//! The share of the random words that a rate is in a step.
ghost use Rattle.std.specs.Prelude.{◌≡◌, ℕ, ◌≤◌, ◌^◌, ◌<ℤ◌, pos, unsigned_abs};
ghost use Rattle.smol_rates.specs.Series.{unit};
ghost use Rattle.smol_rates.specs.Rates.{all_words, longest_step, most_rate, no_words, threshold_of};

use crate::series::{ONE, exponential};
use smol_num::Threshold;

/// How many random words there are.
const WORDS: u128 = 4_294_967_296;

/// 32, as a rate in billionths times a time in nanos.
const CERTAIN_FROM: u128 = 32_000_000_000_000_000_000;

// Of all words, those that are a no where e has this power.
#[tactic(auto, using(crate::proofs::RatesLemmas::few_no_words))]
fn no_words(power: u128) -> u128
    requires some { unit ≤ power }
    requires fits { power ≤ 2 ^ 96 }
    ensures value { result ≡ no_words power }
    ensures few { result ≤ all_words }
{
    (WORDS * ONE + (power - 1)) / power
}

/// The share of the random words that a rate in billionths per unit of time is in a step of so many nanos: as near to
/// `1 - exp(-rate * step)` as a series in whole numbers comes. It is 0 at rate 0, and a greater rate has no smaller share.
/// Takes no memory.
pub fn threshold_of(rate: u64, step: i64) -> Threshold
    requires rate { rate ≤ most_rate }
    requires step { unsigned_abs step ≤ longest_step }
    requires step_above { pos 0 <ℤ step }
    ensures value { result ≡ threshold_of rate (unsigned_abs step) }
    ensures most { result.0 ≤ all_words }
    ensures never { rate ≡ 0 → result.0 ≡ 0 }
    ensures grows { (less more time : ℕ) → less ≤ more → (threshold_of less time).0 ≤ (threshold_of more time).0 }
{
    let product = u128::from(rate) * u128::from(step.unsigned_abs());
    if product >= CERTAIN_FROM {
        return Threshold(WORDS as u64);
    }
    let power = exponential(product * ONE / CERTAIN_FROM);
    Threshold((WORDS - no_words(power)) as u64)
}
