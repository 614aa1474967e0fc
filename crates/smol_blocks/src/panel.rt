//! `panel SHAPE SIGNEDAXIS CORNER ... EDGE ... [NAME]`: a rectangle across an axis.
ghost use Rattle.std.specs.Prelude.{◌≡◌, ◌≤◌, ◌<◌, ◌+ℤ◌, IfOk, unsigned_abs};
ghost use Rattle.smol_line.specs.Length.{most_micros};
ghost use Rattle.smol_blocks.specs.Panel.{corner_in, edge_in, edge_place, extent_in, facing_in, is_shape, rect_in, shape_in, sign_of, ticks_of};

use smol_geom::Rect;
use smol_line::{axis_in, decimal_in, micros_in, spells, unless, word_at};
use smol_text::StatedLine;
use smol_types::Kind;

/// How far a coordinate may be from 0, in micros.
const MOST_MICROS: i64 = 1_000_000_000_000;

/// The axis that a panel lies across, and whether its front is the side of greater coordinates.
#[derive(Clone, Copy, Debug, PartialEq, Eq)]
pub struct Facing {
    pub axis: u8,
    pub greater: bool,
}

// Whether a word begins with `+` or with `-`.
fn sign_of(word: &[u8]) -> Option<bool>
    ensures { result ≡ sign_of word.now }
{
    match word.first() {
        Some(b'+') => Some(true),
        Some(b'-') => Some(false),
        _ => None,
    }
}

// How a panel faces, by the word of its axis with a sign.
fn facing_in(dims: u8, word: &[u8]) -> Result<Facing, Kind>
    ensures value { result ≡ facing_in dims word.now }
    ensures within { IfOk result (λ facing. facing.axis < dims) }
{
    let Some(greater) = sign_of(word) else {
        return Err(Kind::BadFace);
    };
    match axis_in(3, &word[1..]) {
        Err(_) => Err(Kind::BadFace),
        Ok(axis) if axis < dims => Ok(Facing { axis, greater }),
        Ok(_) => Err(Kind::OutOfRange),
    }
}

// A coordinate of the corner in micros.
fn corner_in(dims: u8, axis: u8, line: &StatedLine<'_>) -> Result<i64, Kind>
    requires { axis < 3 }
    ensures value { result ≡ corner_in dims axis line.now }
    ensures size { IfOk result (λ corner. unsigned_abs corner ≤ most_micros) }
{
    if axis < dims {
        micros_in(word_at(line, 3 + usize::from(axis)))
    } else {
        Ok(0)
    }
}

// The place of the word of an edge.
fn edge_place(dims: u8, across: u8, axis: u8) -> usize
    requires axis { axis < 3 }
    requires dims { dims ≤ 3 }
    ensures { result ≡ edge_place dims across axis }
{
    let before = if axis < across {
        axis
    } else {
        axis.saturating_sub(1)
    };
    3 + usize::from(dims) + usize::from(before)
}

// An edge in micros, where its corner stands there.
fn edge_in(corner: i64, word: &[u8]) -> Result<i64, Kind>
    requires { unsigned_abs corner ≤ most_micros }
    ensures value { result ≡ edge_in corner word.now }
    ensures size { IfOk result (λ edge. unsigned_abs edge ≤ 2000000000000) }
{
    decimal_in(6, 1, MOST_MICROS - corner, word)
}

// How far a panel reaches on an axis, in micros.
fn extent_in(
    dims: u8,
    across: u8,
    axis: u8,
    corner: i64,
    line: &StatedLine<'_>,
) -> Result<i64, Kind>
    requires axis { axis < 3 }
    requires dims { dims ≤ 3 }
    requires corner { unsigned_abs corner ≤ most_micros }
    ensures value { result ≡ extent_in dims across axis corner line.now }
    ensures size { IfOk result (λ extent. unsigned_abs extent ≤ 2000000000000) }
{
    if axis >= dims {
        return Ok(1);
    }
    if axis == across {
        return Ok(0);
    }
    edge_in(corner, word_at(line, edge_place(dims, across, axis)))
}

// A place of m micros stands at 2m ticks.
fn ticks_of(micros: i64) -> i64
    requires { unsigned_abs micros ≤ most_micros }
    ensures { result ≡ ticks_of micros }
{
    2 * micros
}

// Where an edge ends, in ticks.
fn end(corner: i64, extent: i64) -> i64
    requires corner { unsigned_abs corner ≤ most_micros }
    requires extent { unsigned_abs extent ≤ 2000000000000 }
    ensures { result ≡ ticks_of (corner +ℤ extent) }
{
    2 * (corner + extent)
}

// The rectangle of a line across this axis.
#[tactic(auto, unfolding(crate::specs::Panel::rect_in))]
fn rect_in(dims: u8, across: u8, line: &StatedLine<'_>) -> Result<Rect, Kind>
    requires { dims ≤ 3 }
    ensures { result ≡ rect_in dims across line.now }
{
    let x = corner_in(dims, 0, line)?;
    let y = corner_in(dims, 1, line)?;
    let z = corner_in(dims, 2, line)?;
    let a = extent_in(dims, across, 0, x, line)?;
    let b = extent_in(dims, across, 1, y, line)?;
    let c = extent_in(dims, across, 2, z, line)?;
    Ok(Rect {
        axis: across,
        low: [ticks_of(x), ticks_of(y), ticks_of(z)],
        high: [end(x, a), end(y, b), end(z, c)],
    })
}

fn is_shape(word: &[u8]) -> bool
    ensures { result ≡ is_shape word.now }
{
    spells(word, "rect") || spells(word, "r")
}

/// The rectangle of a line, and how it faces.
#[tactic(auto, unfolding(crate::specs::Panel::shape_in))]
pub fn shape_in(dims: u8, line: &StatedLine<'_>) -> Result<(Facing, Rect), Kind>
    requires least { 1 ≤ dims }
    requires most { dims ≤ 3 }
    ensures { result ≡ shape_in dims line.now }
{
    unless(line.len() >= 2, Kind::WrongWordCount)?;
    unless(is_shape(word_at(line, 1)), Kind::NotInProfile)?;
    let plain = 2 * usize::from(dims) + 2;
    unless(
        line.len() == plain || line.len() == plain + 1,
        Kind::WrongWordCount,
    )?;
    let facing = facing_in(dims, word_at(line, 2))?;
    let rect = rect_in(dims, facing.axis, line)?;
    Ok((facing, rect))
}
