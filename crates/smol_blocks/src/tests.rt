//! Both calls that read a block, on whole texts.
ghost use Rattle.std.specs.Prelude.{IfOk};
ghost use Rattle.smol_blocks.specs.Names.{AreNames};

use crate::compartment_block::read_compartment;
use crate::names::Names;
use crate::surface_block::read_surface;
use smol_geom::{Place, Rect};
use smol_line::{NameSet, Refusal, new_name_in};
use smol_text::{Text, TextFault, split_lines};
use smol_types::{Action, Items, Letter, Panel, Wall};
use std::alloc::Global;
use std::test::Fail;

const SURFACES: &str = "dim 3
species A
boundaries x 0 100 r
boundaries y 0 100 r
boundaries z 0 100 r
time_start 0
time_stop 1
time_step 1
species B
start_surface s1
panel rect +0 60 0 0 50 100
end_surface
start_surface s2
action both all reflect
panel rect +0 60 50 0 50 100
end_surface
";

const COMPARTMENT: &str = "dim 3
species A
boundaries x 0 100 r
boundaries y 0 100 r
boundaries z 0 100 r
time_start 0
time_stop 1
time_step 1
start_surface s
panel rect +0 100 0 0 100 100
end_surface
start_compartment c
surface s
point 150 50 50
end_compartment
";

fn text_of(alloc: Global, lines: &str) -> Result<Text, TextFault> {
    if lines.len() > 4_194_304 {
        return Err(TextFault::OutOfMemory);
    }
    split_lines(alloc, lines.as_bytes())
}

fn two_species(alloc: Global) -> Result<NameSet, Refusal> {
    let mut species = one_name(alloc, "A")?;
    let second = new_name_in(&species, b"B")?;
    species.add(alloc, second)?;
    Ok(species)
}

// A wall of an axis at 0 or at 100.
fn wall(axis: u8, upper: bool) -> Wall {
    Wall {
        axis,
        plane: if upper { 200_000_000 } else { 0 },
        upper,
        letter: Letter::R,
    }
}

// What the lines before a block give in both texts, beside these surfaces with so many panels.
fn names_with(alloc: Global, surfaces: NameSet, panels: u32) -> Result<Names, Refusal>
    ensures { IfOk result AreNames }
{
    let walls = [
        wall(0, false),
        wall(0, true),
        wall(1, false),
        wall(1, true),
        wall(2, false),
        wall(2, true),
    ];
    let species = two_species(alloc)?;
    if species.len() > 256 || surfaces.len() > 256 || panels > 4096 {
        return Err(Refusal::OutOfMemory);
    }
    Ok(Names {
        dims: 3,
        walls: Items::from_slice(alloc, &walls)?,
        species,
        surfaces,
        compartments: NameSet::new(alloc),
        panels,
    })
}

// The names of one thing.
fn one_name(alloc: Global, name: &str) -> Result<NameSet, Refusal> {
    let mut names = NameSet::new(alloc);
    let new = new_name_in(&names, name.as_bytes())?;
    names.add(alloc, new)?;
    Ok(names)
}

// A panel across the first axis at 60 that faces greater coordinates, from y to 50 behind it.
fn panel(y: i64, surface: u16) -> Panel {
    let y = y.clamp(0, 1_000_000_000);
    Panel {
        rect: Rect {
            axis: 0,
            low: [120_000_000, y, 0],
            high: [120_000_000, y + 100_000_000, 200_000_000],
        },
        greater: true,
        surface,
        front_to: None,
        back_to: None,
    }
}

#[test]
fn a_surface_is_read(rt: HostRuntime) -> Result<(), Fail> {
    let text = text_of(rt.alloc(), SURFACES)?;
    assert_eq!(rt; text.len(), 16);
    let names = names_with(rt.alloc(), NameSet::new(rt.alloc()), 0)?;
    let (first, next) = read_surface(rt.alloc(), &text, 9, &names)?;
    assert_eq!(rt; next, 12);
    assert_eq!(rt; first.name.as_str(), "s1");
    let through = [Action::Transmit, Action::Transmit];
    assert_eq!(rt; first.surface.front.as_slice(), through.as_slice());
    assert_eq!(rt; first.surface.back.as_slice(), through.as_slice());
    assert_eq!(rt; first.panels.as_slice(), [panel(0, 0)].as_slice());
    let names = names_with(rt.alloc(), one_name(rt.alloc(), "s1")?, 1)?;
    let (second, next) = read_surface(rt.alloc(), &text, 12, &names)?;
    assert_eq!(rt; next, 16);
    assert_eq!(rt; second.name.as_str(), "s2");
    let reflecting = [Action::Reflect, Action::Reflect];
    assert_eq!(rt; second.surface.front.as_slice(), reflecting.as_slice());
    assert_eq!(rt; second.surface.back.as_slice(), reflecting.as_slice());
    assert_eq!(rt;
        second.panels.as_slice(),
        [panel(100_000_000, 1)].as_slice()
    );
    Ok(())
}

#[test]
fn a_compartment_is_read(rt: HostRuntime) -> Result<(), Fail> {
    let text = text_of(rt.alloc(), COMPARTMENT)?;
    assert_eq!(rt; text.len(), 15);
    let names = names_with(rt.alloc(), one_name(rt.alloc(), "s")?, 1)?;
    let (draft, next) = read_compartment(rt.alloc(), &text, 11, &names)?;
    assert_eq!(rt; next, 15);
    assert_eq!(rt; draft.name.as_str(), "c");
    assert_eq!(rt; draft.compartment.surfaces.as_slice(), [0].as_slice());
    let point = Place([300_000_001, 100_000_001, 100_000_001]);
    assert_eq!(rt; draft.compartment.points.as_slice(), [point].as_slice());
    Ok(())
}
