//! The first word of a line.
ghost use Rattle.std.specs.Prelude.{◌≡◌, map};
ghost use Rattle.std.specs.List.{list_any};
ghost use Rattle.std.specs.Str.{bytes_eq};
ghost use Rattle.smol_blocks.specs.Statement.{named};

use crate::block_statement::BlockStatement;
use crate::surface_statement::SurfaceStatement;
use smol_line::spells;

/// The first words of lines that are passed over unread.
const PASSED_OVER: [&str; 37] = [
    "graphics",
    "graphic_iter",
    "graphic_delay",
    "quit_at_end",
    "frame_thickness",
    "frame_color",
    "frame_colour",
    "grid_thickness",
    "grid_color",
    "grid_colour",
    "background_color",
    "background_colour",
    "display_size",
    "color",
    "colour",
    "light",
    "text_color",
    "text_colour",
    "text_display",
    "tiff_iter",
    "tiff_name",
    "tiff_min",
    "tiff_max",
    "polygon",
    "thickness",
    "stipple",
    "shininess",
    "max_species",
    "max_panels",
    "molecule_lists",
    "mol_list",
    "accuracy",
    "molperbox",
    "boxsize",
    "epsilon",
    "margin",
    "neighbor_dist",
];

/// The first words of lines that the profile leaves out.
const NOT_IN_PROFILE: [&str; 24] = [
    "low_wall",
    "high_wall",
    "define",
    "undefine",
    "ifdefine",
    "ifundefine",
    "else",
    "endif",
    "read_file",
    "output_root",
    "output_precision",
    "append_files",
    "start_port",
    "start_lattice",
    "start_filament",
    "start_reaction",
    "drift",
    "difm",
    "surface_mol",
    "reaction_rate",
    "rate",
    "unbounded_emitter",
    "compartment",
    "set",
];

/// What the first word of a line says that the line is.
#[derive(Clone, Copy, Debug, PartialEq, Eq)]
pub enum Statement {
    PassedOver,
    NotInProfile,
    Unknown,
    Dim,
    Species,
    Difc,
    Difstep,
    TimeStart,
    TimeStop,
    TimeStep,
    MaxMol,
    RandomSeed,
    PairOrder,
    Boundaries,
    Mol,
    CompartmentMol,
    Reaction,
    BindingRadius,
    ReactionProbability,
    ProductPlacement,
    Block(BlockStatement),
    OutputFiles,
    Cmd,
}

/// The first words of the statements that are read.
const BUILT: [(&str, Statement); 28] = [
    ("dim", Statement::Dim),
    ("species", Statement::Species),
    ("difc", Statement::Difc),
    ("difstep", Statement::Difstep),
    ("time_start", Statement::TimeStart),
    ("time_stop", Statement::TimeStop),
    ("time_step", Statement::TimeStep),
    ("max_mol", Statement::MaxMol),
    ("random_seed", Statement::RandomSeed),
    ("pair_order", Statement::PairOrder),
    ("boundaries", Statement::Boundaries),
    ("mol", Statement::Mol),
    ("compartment_mol", Statement::CompartmentMol),
    ("reaction", Statement::Reaction),
    ("binding_radius", Statement::BindingRadius),
    ("reaction_probability", Statement::ReactionProbability),
    ("product_placement", Statement::ProductPlacement),
    (
        "start_surface",
        Statement::Block(BlockStatement::StartSurface),
    ),
    (
        "action",
        Statement::Block(BlockStatement::InSurface(SurfaceStatement::Action)),
    ),
    (
        "panel",
        Statement::Block(BlockStatement::InSurface(SurfaceStatement::Panel)),
    ),
    (
        "jump",
        Statement::Block(BlockStatement::InSurface(SurfaceStatement::Jump)),
    ),
    ("end_surface", Statement::Block(BlockStatement::EndSurface)),
    (
        "start_compartment",
        Statement::Block(BlockStatement::StartCompartment),
    ),
    ("surface", Statement::Block(BlockStatement::Surface)),
    ("point", Statement::Block(BlockStatement::Point)),
    (
        "end_compartment",
        Statement::Block(BlockStatement::EndCompartment),
    ),
    ("output_files", Statement::OutputFiles),
    ("cmd", Statement::Cmd),
];

fn is_among(word: &[u8], names: &[&str]) -> bool
    ensures { result ≡ list_any (λ name. bytes_eq word.now name.now) names.now }
{
    names.iter().any(|name| spells(word, name))
}

// What a word stands for in a table.
fn named(table: &[(&str, Statement)], word: &[u8]) -> Statement
    ensures { result ≡ named (map (λ entry. (entry.0.now, entry.1)) table.now) word.now }
{
    for entry in table {
        if spells(word, entry.0) {
            return entry.1;
        }
    }
    Statement::Unknown
}

impl Statement {
    ghost use Rattle.smol_blocks.specs.Statement.{statement_of};

    /// The statement that a word makes at the beginning of a line.
    #[tactic(auto, using(crate::proofs::StatementLemmas::passed_over_words_are_looked_for, crate::proofs::StatementLemmas::left_out_words_are_looked_for), unfolding(crate::specs::Statement::statement_of))]
    pub fn of(word: &[u8]) -> Statement
        ensures { result ≡ statement_of word.now }
    {
        if is_among(word, &PASSED_OVER) {
            Statement::PassedOver
        } else if is_among(word, &NOT_IN_PROFILE) {
            Statement::NotInProfile
        } else {
            named(&BUILT, word)
        }
    }
}
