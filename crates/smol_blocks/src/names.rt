//! What the lines before a block give, as a caller of this crate hands it over.
ghost use Rattle.std.specs.Prelude.{◌≡◌};
ghost use Rattle.std.specs.List.{find};
ghost use Rattle.smol_blocks.specs.Names.{axes_of, bounds_among, is_wall_of};

use smol_line::{Axes, Bounds, NameSet};
use smol_num::Micro;
use smol_types::{Items, Wall};

/// What the lines before a block give.
#[derive(Drop)]
pub struct Names {
    /// How many axes are in use.
    pub dims: u8,
    /// The walls given so far, a low and a high one for each axis that has some.
    pub walls: Items<Wall>,
    pub species: NameSet,
    pub surfaces: NameSet,
    pub compartments: NameSet,
    /// How many panels there are.
    pub panels: u32,
}

// Whether a wall stands on this side of this axis.
fn is_wall_of(wall: &Wall, axis: u8, upper: bool) -> bool
    ensures { result ≡ is_wall_of axis upper wall.now }
{
    wall.axis == axis && wall.upper == upper
}

// The first wall on this side of this axis.
fn wall_of(walls: &[Wall], axis: u8, upper: bool) -> Option<Wall>
    ensures { result ≡ find (is_wall_of axis upper) walls.now }
{
    walls
        .iter()
        .copied()
        .find(|wall| is_wall_of(wall, axis, upper))
}

// The bounds of an axis.
fn bounds_among(walls: &[Wall], axis: u8) -> Option<Bounds>
    ensures { result ≡ bounds_among walls.now axis }
{
    let low = wall_of(walls, axis, false)?;
    let high = wall_of(walls, axis, true)?;
    Some(Bounds {
        low: Micro(low.plane / 2),
        high: Micro(high.plane / 2),
        letter: low.letter,
    })
}

impl Names {
    /// The axes with their walls.
    pub fn axes(&self) -> Axes
        ensures { result ≡ axes_of self.now }
    {
        let walls = self.walls.as_slice();
        Axes {
            dims: Some(self.dims),
            x: bounds_among(walls, 0),
            y: bounds_among(walls, 1),
            z: bounds_among(walls, 2),
        }
    }
}
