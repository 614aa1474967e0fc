//! The name of a block: a new word of the line that opens it.
ghost use Rattle.std.specs.Prelude.{◌≡◌, ◌<◌, false, length, Ok, Err, IfOk, MatchResult};
ghost use Rattle.smol_line.specs.Names.{is_named};
ghost use Rattle.smol_blocks.specs.BlockName.{block_name_in};

use smol_line::{Axes, NameSet, needs_dim, new_name_in, unless, word_at, word_count};
use smol_text::StatedLine;
use smol_types::Kind;

/// The name of the block that a line opens, beside these names of which there may be so many.
#[tactic(auto, unfolding(crate::specs::BlockName::block_name_in))]
pub fn block_name_in<'a>(
    axes: &Axes,
    names: &NameSet,
    most: usize,
    line: &StatedLine<'a>,
) -> Result<&'a str, Kind>
    ensures rule { MatchResult result
        (λ name. block_name_in axes.now names.now most line.now ≡ Ok name.now)
        (λ kind. block_name_in axes.now names.now most line.now ≡ Err kind) }
    ensures new { IfOk result (λ name. is_named names.now name.now ≡ false) }
    ensures room { IfOk result (λ _. length names.now < most) }
{
    needs_dim(axes)?;
    word_count(2, line)?;
    let name = new_name_in(names, word_at(line, 1))?;
    unless(names.len() < most, Kind::TooMany)?;
    Ok(name)
}
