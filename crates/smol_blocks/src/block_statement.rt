use crate::surface_statement::SurfaceStatement;

/// A statement that opens a block, stands in one or closes it.
#[derive(Clone, Copy, Debug, PartialEq, Eq)]
pub enum BlockStatement {
    StartSurface,
    InSurface(SurfaceStatement),
    EndSurface,
    StartCompartment,
    Surface,
    Point,
    EndCompartment,
}
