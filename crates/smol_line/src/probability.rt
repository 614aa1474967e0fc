//! Words that are probabilities, and the shares of the random words that these are.
ghost use Rattle.std.specs.Prelude.{◌≡◌};
ghost use Rattle.smol_line.specs.Probability.{chance_in, threshold_of};

use crate::numbers::unsigned_in;
use smol_num::Threshold;
use smol_types::Kind;

// One whole, in billionths.
const WHOLE: u32 = 1_000_000_000;

// How many random words there are.
const WORDS: u64 = 4_294_967_296;

/// A probability from 0 to 1, in billionths.
pub fn chance_in(word: &[u8]) -> Result<u32, Kind>
    ensures { result ≡ chance_in word.now }
{
    let chance = unsigned_in(9, i64::from(WHOLE), word)?;
    Ok(chance as u32)
}

/// The share of the random words that a probability in billionths is, rounded down.
pub fn threshold_of(chance: u32) -> Threshold
    ensures { result ≡ threshold_of chance }
{
    Threshold(u64::from(chance) * WORDS / u64::from(WHOLE))
}
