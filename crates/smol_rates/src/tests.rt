//! Thresholds and shares that were computed apart.
use crate::{share, threshold_of};
use smol_num::Threshold;

#[test]
fn thresholds_are_those_of_the_series(rt: HostRuntime) {
    assert_eq!(rt; threshold_of(0, 1_000_000_000), Threshold(0));
    assert_eq!(rt; threshold_of(1_000_000_000, 1), Threshold(4));
    assert_eq!(rt;
        threshold_of(32_000_000_000, 1_000_000_000),
        Threshold(4_294_967_296)
    );
    assert_eq!(rt;
        threshold_of(31_999_999_999, 1_000_000_000),
        Threshold(4294967295)
    );
    assert_eq!(rt;
        threshold_of(1_000_000_000, 1_000_000_000),
        Threshold(2714937127)
    );
    assert_eq!(rt;
        threshold_of(1_100_000_000_000_000_000, 1_000_000_000_000_000_000),
        Threshold(4_294_967_296)
    );
}

#[test]
fn shares_are_differences(rt: HostRuntime) {
    let total = Threshold(10);
    assert_eq!(rt; share(total, 0, 1, 3), Threshold(3));
    assert_eq!(rt; share(total, 1, 2, 3), Threshold(3));
    assert_eq!(rt; share(total, 2, 3, 3), Threshold(4));
    assert_eq!(rt; share(total, 0, 0, 0), Threshold(0));
}
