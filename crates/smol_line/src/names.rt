//! What counts as a name in a configuration.
ghost use Rattle.std.specs.Prelude.{◌≡◌, is_some, IfSome, Ok, Err, MatchResult};
ghost use Rattle.std.specs.List.{list_all};
ghost use Rattle.smol_line.specs.Names.{is_letter, continues_name, is_reserved, is_name, new_name_in};

use crate::name_set::NameSet;
use crate::words::spells;
use smol_types::Kind;
use std::str;

fn is_letter(byte: u8) -> bool
    ensures { result ≡ is_letter byte }
{
    byte.is_ascii_alphabetic()
}

fn continues_name(byte: u8) -> bool
    ensures { result ≡ continues_name byte }
{
    is_letter(byte) || byte.is_ascii_digit() || byte == b'_'
}

fn all_continue(bytes: &[u8]) -> bool
    ensures { result ≡ list_all continues_name bytes.now }
{
    bytes.iter().all(|byte| continues_name(*byte))
}

fn is_reserved(word: &[u8]) -> bool
    ensures { result ≡ is_reserved word.now }
{
    spells(word, "all")
        || spells(word, "empty")
        || spells(word, "front")
        || spells(word, "back")
        || spells(word, "both")
        || spells(word, "stdout")
        || spells(word, "stderr")
}

// Whether the word may name a species, a surface and so on.
fn is_name(word: &[u8]) -> bool
    ensures { result ≡ is_name word.now }
{
    match word.split_first() {
        None => false,
        Some((first, rest)) => {
            is_letter(*first) && all_continue(rest) && rest.len() < 64 && !is_reserved(word)
        }
    }
}

/// The text of a word that may name a species, a surface and so on.
#[tactic(auto, using(crate::proofs::NameLemmas::name_is_text))]
pub fn name_in(word: &[u8]) -> Option<&str>
    ensures variant { is_some result ≡ is_name word.now }
    ensures value { IfSome result (λ text. text.now ≡ word.now) }
{
    if !is_name(word) {
        return None;
    }
    str::from_utf8(word).ok()
}

/// The new name that a word gives, beside these names.
pub fn new_name_in<'a>(names: &NameSet, word: &'a [u8]) -> Result<&'a str, Kind>
    ensures rule { MatchResult result
        (λ text. new_name_in names.now word.now ≡ Ok text.now)
        (λ kind. new_name_in names.now word.now ≡ Err kind) }
    ensures value { MatchResult result (λ text. text.now ≡ word.now) (λ _. Unit {0}) }
{
    let Some(text) = name_in(word) else {
        return Err(Kind::NotInProfile);
    };
    match names.number_of(word) {
        None => Ok(text),
        Some(_) => Err(Kind::RepeatedName),
    }
}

**EXERCISE OBJECTIVE**
Pull every line containing the word "stands" out of the listing.

**ANSWER BELOW**
// An edge in micros, where its corner stands there.
// A place of m micros stands at 2m ticks.
// What a word stands for in a table.
// Whether a wall stands on this side of this axis.
/// A statement that opens a block, stands in one or closes it.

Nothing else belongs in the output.